楼主机电销售 时间:2011-03-20 15:40:00
  二、隐形
  雾在没有一点征兆的情况下,突然一散而尽。
  古墓冲生产队,就这样猝不及防地出现在我和苏丽眼前。
  一个举着气灯的青年人站在那儿,旁边还立着一个比他大一点的男人,那人望着我们,问:“是公社来的知青吧。”
  我和苏丽怔怔地望着眼前蓦然出现的村庄,一时间有些适应不了。听到那个中年男人问话,这才回过味儿来,迟疑一下,我们点点头。
  中年男人大步迎上来,热情地说:“我是队长楚长生,他是队里会计李明。”
  长生队长指着颇居造型感的举灯人。
  由他们两人带着,我和苏丽晕晕腾腾往生产队里面走,深一脚浅一脚的,如坠梦里。
  我们被安排到大队部暂住。长生队长答应,等他做通了乡亲们的工作之后,如果我们愿意,就住到老乡家里去。
  大队部坐落在古墓冲生产队中间偏北一点,是一处旧社会遗留下来的两进灰瓦青砖的大宅院。李明手里的气灯非常耀眼,我能看到院外边有一个近三十平方的空场,空场的东南方有一棵古楸树,上面挂着半只已经考据不出来曾经在哪用过的铸铁车轮子,经询问,我们得知这是古墓冲大队生产劳动作息用的钟。

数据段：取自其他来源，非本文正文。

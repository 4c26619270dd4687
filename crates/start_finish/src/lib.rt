// start and finish on a table that was read: the marking taken up, the action that ends, the lists of values appended, the tokens handed out and the
// reply written. What was read of the marking stands in columns, which are lent (`Deliverable`, `LiveMarking`).
#![tactic(auto)]

ghost use Rattle.std.specs.Prelude.{◌≡◌, true, ℕ, ◌≤◌, ◌<◌, eqb, length};
ghost use Rattle.paper.specs.Lists.{at, one_if};
ghost use Rattle.paper.specs.Answers.{good, need};
ghost use Rattle.paper.specs.Table.{nodes, kind, is_action};
ghost use Rattle.paper.specs.Marking.{Marking};
ghost use Rattle.paper.specs.Operations.{Leaves, Only, Reply, in_room, idled, start as started, finish as finished};
ghost use Rattle.table.specs.Reading.{Spans, table_read};
ghost use Rattle.marking_held.specs.MarkingHeld.{HeldLengths, LiveMarking, held_of};
ghost use Rattle.marking_give.specs.Giving.{fires_as};
ghost use Rattle.start_finish.specs.Delivered.{Deliverable, delivered};
ghost use Rattle.start_finish.specs.Running.{runs_in};
ghost use Rattle.wire.specs.Refusals.{said, word_of, BelowRefusals};

use marking_give::{Firing, Listing};
use table::Table;
use wire::Refusal;

// The lists appended and the tokens handed out (rows 15 and 16), then the reply: what start and finish end with.
fn deliver(
    t: &[u8],
    table: Table,
    listing: Listing,
    values: &[u8],
    old: &[u8],
    firing: Firing,
    from: &[u16],
    kept: &[u8],
    tokens: &mut [u8],
    out: &mut [u8],
) -> Result<usize, Refusal>
    requires { (table_read t.now ≡ good table) × HeldLengths (held_of from.now kept.now tokens.old)
        × Deliverable t.now listing.kind listing.owner old.now (held_of from.now kept.now tokens.old) }
    ensures { ((d : Deliverable t.now listing.kind listing.owner old.now
        (held_of from.now kept.now tokens.old))
        → Reply (in_room (length out.old)
        (delivered t.now listing.kind listing.owner (fires_as t.now firing) d.current values.now))
        (word_of result) out.old out.new)
        × BelowRefusals result }
{
    let mut place = [0u16; Table::MOST_NODES];
    let mut more = [0u8; Table::MOST_NODES];
    marking::read_values(
        t,
        table,
        listing.kind,
        listing.owner,
        values,
        &mut place,
        &mut more,
    )?;
    if !marking_give::stocks_fit(t, table, kept, &more) {
        return Err(Refusal::Stock);
    }
    if !marking_give::gain(t, table, firing, tokens) {
        return Err(Refusal::Stock);
    }
    marking_write::reply(
        t, table, 0, old, values, from, kept, &place, &more, kept, tokens, out,
    )
}

// Whether node a is a running action (row 14).
fn running(t: &[u8], table: Table, kept: &[u8], a: usize) -> Result<(), Refusal>
    requires { Spans t.now table × (table.nodes ≤ length kept.now) }
    ensures { (m : Marking) → ((i : ℕ) → i < nodes t.now → is_action (kind t.now i) ≡ true
        → at kept.now i ≡ one_if (m.runs i)) → said result ≡ need 14 (runs_in t.now m a) }
{
    if a >= table.nodes {
        return Err(Refusal::Idle);
    }
    if table.kind(t, a) != Table::ACTION {
        return Err(Refusal::Idle);
    }
    if kept[a] != 1 {
        return Err(Refusal::Idle);
    }
    Ok(())
}

// finish on a live marking that was read and in which action a runs.
fn conclude(
    t: &[u8],
    table: Table,
    b: &[u8],
    a: usize,
    values: &[u8],
    from: &[u16],
    kept: &mut [u8],
    tokens: &mut [u8],
    out: &mut [u8],
) -> Result<usize, Refusal>
    requires { (table_read t.now ≡ good table) × (a < table.nodes) × (is_action (kind t.now a) ≡ true)
        × LiveMarking t.now b.now (held_of from.now kept.old tokens.old) }
    ensures { ((l : LiveMarking t.now b.now (held_of from.now kept.old tokens.old))
        → Reply (in_room (length out.old)
        (delivered t.now 4 a (λ i. eqb i a) (idled t.now a l.current) values.now))
        (word_of result) out.old out.new)
        × BelowRefusals result }
{
    marking_held::idle(t, table, a, kept);
    let listing = Listing {
        kind: Table::OUTPUT,
        owner: a,
    };
    deliver(
        t,
        table,
        listing,
        values,
        b,
        Firing::Node(a),
        from,
        kept,
        tokens,
        out,
    )
}

// start on a table that was read.
pub fn start(t: &[u8], table: Table, values: &[u8], out: &mut [u8]) -> Result<usize, Refusal>
    requires { table_read t.now ≡ good table }
    ensures { Leaves (Only (started t.now values.now)) (word_of result) out.old out.new × BelowRefusals result }
{
    let listing = Listing {
        kind: Table::INCOMING,
        owner: Table::NO_OWNER,
    };
    let firing = Firing::Kind(Table::INITIAL);
    let from = [0u16; Table::MOST_NODES];
    let kept = [0u8; Table::MOST_NODES];
    let mut tokens = [0u8; Table::MOST_EDGES];
    deliver(
        t,
        table,
        listing,
        values,
        values,
        firing,
        &from,
        &kept,
        &mut tokens,
        out,
    )
}

// finish on a table that was read.
pub fn finish(
    t: &[u8],
    table: Table,
    b: &[u8],
    action: u8,
    values: &[u8],
    out: &mut [u8],
) -> Result<usize, Refusal>
    requires { table_read t.now ≡ good table }
    ensures { Leaves (Only (finished t.now b.now action values.now)) (word_of result) out.old out.new × BelowRefusals result }
{
    let mut from = [0u16; Table::MOST_NODES];
    let mut kept = [0u8; Table::MOST_NODES];
    let mut tokens = [0u8; Table::MOST_EDGES];
    let ended = marking::read(t, table, b, &mut from, &mut kept, &mut tokens)?;
    if ended {
        return Err(Refusal::Ended);
    }
    let a = wire::wide(action);
    running(t, table, &kept, a)?;
    conclude(t, table, b, a, values, &from, &mut kept, &mut tokens, out)
}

  后来我发现此破铁车轮质地优良,声音浑厚响亮,余音袅袅,颇有古朴之风。只是楚长生队长不懂音律之美,早上上工时当当一通猛敲,下工时敲得有气无力,显得非常没有章法,白白浪费了这只废物利用的破车轮子。
  苏丽恨不得冲上前去,言传身教,教长生队长如何把钟敲好。我有时候也有这样的冲动。真的。当然,仅仅是冲动,不是行动。我确定。
  前院东边两大间是大队部会议室,有一小间是播音室。播音室外边种着一颗碗口大的枣树,上面架着一只随时能播报最高指示和喜报的大喇叭。

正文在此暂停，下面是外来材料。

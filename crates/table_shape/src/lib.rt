// Row 4: the shape of a table. Edges are counted and nodes ranked once, and each node is judged from its own cells.
// Assumes that the bytes span the counts, and that rows 2 and 3 passed where a function says so.
#![tactic(auto)]

ghost use Rattle.std.specs.Prelude.{◌≡◌, false, not, ◌&&◌, List, ℕ, ◌+◌, ◌*◌, ◌≤◌, ◌<◌, leb, eqb, length, set};
ghost use Rattle.paper.specs.Lists.{at, lowest, one_if};
ghost use Rattle.paper.specs.Limits.{limits};
ghost use Rattle.paper.specs.Table.{nodes, edges, kind, lower, is_input, shape_fine, chain};
ghost use Rattle.wire.specs.Refusals.{found};
ghost use Rattle.table.specs.Reading.{Spans, NodesFine, EdgesFine, Blank};
ghost use Rattle.table_shape.specs.Shape.{Counts, degrees_at, Tallied, is_fed, Fed};
ghost use Rattle.table_shape.specs.Shape.{of_one_kind, split_fine, meets_in, merge_fine, join_shape, action_shape};

use table::{Table, is_control_node};
use words::mark;

// How many edges of each kind stand on one side of a node.
#[derive(Clone, Copy)]
struct Side {
    control: u8,
    object: u8,
}

// The two sides of a node.
#[derive(Clone, Copy)]
struct Degrees {
    into: Side,
    out: Side,
}

impl Degrees {
    // A node's cells in a tally: control and object edges in, then out.
    const CELLS: usize = 4;
}

// The degrees of node i, from its four cells.
fn degrees_at(cells: &[u8], i: usize) -> Degrees
    requires { 4 * i + 4 ≤ length cells.now }
    ensures { result ≡ degrees_at cells.now i }
{
    let c = Degrees::CELLS * i;
    Degrees {
        into: Side {
            control: cells[c],
            object: cells[c + 1],
        },
        out: Side {
            control: cells[c + 2],
            object: cells[c + 3],
        },
    }
}

// One more in a cell.
fn bump(cells: &mut [u8], c: usize)
    requires { (c < length cells.old) × (at cells.old c < 255) }
    ensures { cells.new ≡ set cells.old c (at cells.old c + 1) }
{
    cells[c] += 1;
}

// Every edge is counted once at its target and once at its source.
fn tally(s: &[u8], table: Table, cells: &mut [u8])
    requires { Spans s.now table × EdgesFine s.now × (4 * table.nodes ≤ length cells.old) × Blank cells.old }
    ensures { Tallied s.now cells.new }
{
    for j in 0..table.edges {
        let k = table.edge_kind(s, j);
        bump(cells, Degrees::CELLS * table.target(s, j) + k);
        bump(cells, Degrees::CELLS * table.source(s, j) + 2 + k);
    }
}

// Whether node i is an input pin that must hold a value for its action to run.
fn feeds(s: &[u8], table: Table, i: usize) -> bool
    requires { Spans s.now table × (i < table.nodes) }
    ensures { result ≡ is_input (kind s.now i) && leb 1 (lower s.now i) }
{
    table.kind(s, i) == Table::INPUT && 1 <= table.lower(s, i)
}

// Marks the actions that an input pin feeds.
fn mark_fed(s: &[u8], table: Table, fed: &mut [u8])
    requires { Spans s.now table × (table.nodes ≤ length fed.old) }
    ensures { Blank fed.old → Fed s.now fed.new }
{
    for i in 0..table.nodes {
        mark(fed, feeds(s, table, i), table.owner(s, i));
    }
}

// How many edges there are on a side.
fn degree(side: Side) -> usize
    ensures { result ≡ side.control + side.object }
{
    wire::wide(side.control) + wire::wide(side.object)
}

// Edges of one kind alone, in and out. Sums take one test where four cells would take four.
fn has_one_kind(d: Degrees) -> bool
    ensures { (t : List ℕ) (i : ℕ) → Counts t i d → result ≡ of_one_kind t i }
{
    wire::wide(d.into.control) + wire::wide(d.out.control) == 0
        || wire::wide(d.into.object) + wire::wide(d.out.object) == 0
}

// A decision or a fork: one edge in, some out.
fn split_fine(d: Degrees) -> bool
    ensures { (t : List ℕ) (i : ℕ) → Counts t i d → result ≡ split_fine t i }
{
    degree(d.into) == 1 && 1 <= degree(d.out) && has_one_kind(d)
}

// What a merge and a join share: some edges in, one out.
fn meets(d: Degrees) -> bool
    ensures { (t : List ℕ) (i : ℕ) → Counts t i d → result ≡ meets_in t i }
{
    1 <= degree(d.into) && degree(d.out) == 1
}

fn merge_fine(d: Degrees) -> bool
    ensures { (t : List ℕ) (i : ℕ) → Counts t i d → result ≡ merge_fine t i }
{
    meets(d) && has_one_kind(d)
}

fn join_fine(d: Degrees) -> bool
    ensures { (t : List ℕ) (i : ℕ) → Counts t i d → result ≡ join_shape t i }
{
    meets(d) && d.into.object <= 1 && d.out.object == d.into.object
}

fn action_fine(d: Degrees, fed: u8) -> bool
    ensures { (t : List ℕ) (i : ℕ) → Counts t i d → fed ≡ one_if (is_fed t i) → result ≡ action_shape t i }
{
    1 <= d.into.control || fed == 1
}

// Row 4 at a node, from its kind, its degrees, its mark and its rank. Most nodes are asked for no more than these two kinds.
fn shape_fine(k: usize, d: Degrees, fed: u8, rank: u8) -> bool
    ensures { (t : List ℕ) (i : ℕ) → k ≡ kind t i → Counts t i d → fed ≡ one_if (is_fed t i) → eqb rank limits.chain_too_long ≡ chain t limits.chain_too_long i → result ≡ shape_fine t limits i }
{
    if rank == table_ranks::HIGHEST {
        return false;
    }
    if k == Table::ACTION {
        return action_fine(d, fed);
    }
    if !is_control_node(k) {
        return true;
    }
    if k == Table::MERGE {
        return merge_fine(d);
    }
    if k == Table::JOIN {
        return join_fine(d);
    }
    split_fine(d)
}

// The lowest node that row 4 refuses. Edges are counted and nodes ranked once, so that each node is judged from its own cells.
pub fn bad_shape(s: &[u8], table: Table) -> Option<usize>
    requires { Spans s.now table × NodesFine s.now × EdgesFine s.now }
    ensures { found result ≡ lowest (λ i. not (shape_fine s.now limits i)) (nodes s.now) }
{
    let mut cells = [0u8; Degrees::CELLS * Table::MOST_NODES];
    tally(s, table, &mut cells);
    let mut fed = [0u8; Table::MOST_NODES];
    mark_fed(s, table, &mut fed);
    let rk = table_ranks::ranks(s, table);
    for i in 0..table.nodes {
        if !shape_fine(table.kind(s, i), degrees_at(&cells, i), fed[i], rk[i]) {
            return Some(i);
        }
    }
    None
}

  西边有两间堆放着一些文艺表演的道具,从古代的刀剑到抗战时期日本人用的三八大盖枪和李向阳用过的常常代表正义的驳壳枪,俗称二十响。比较离谱的是在道具时面,竟然还有一尊像模像样的六零小炮。当然是木头做的,乡下的能工巧匠把它做得已经可以以假乱真了。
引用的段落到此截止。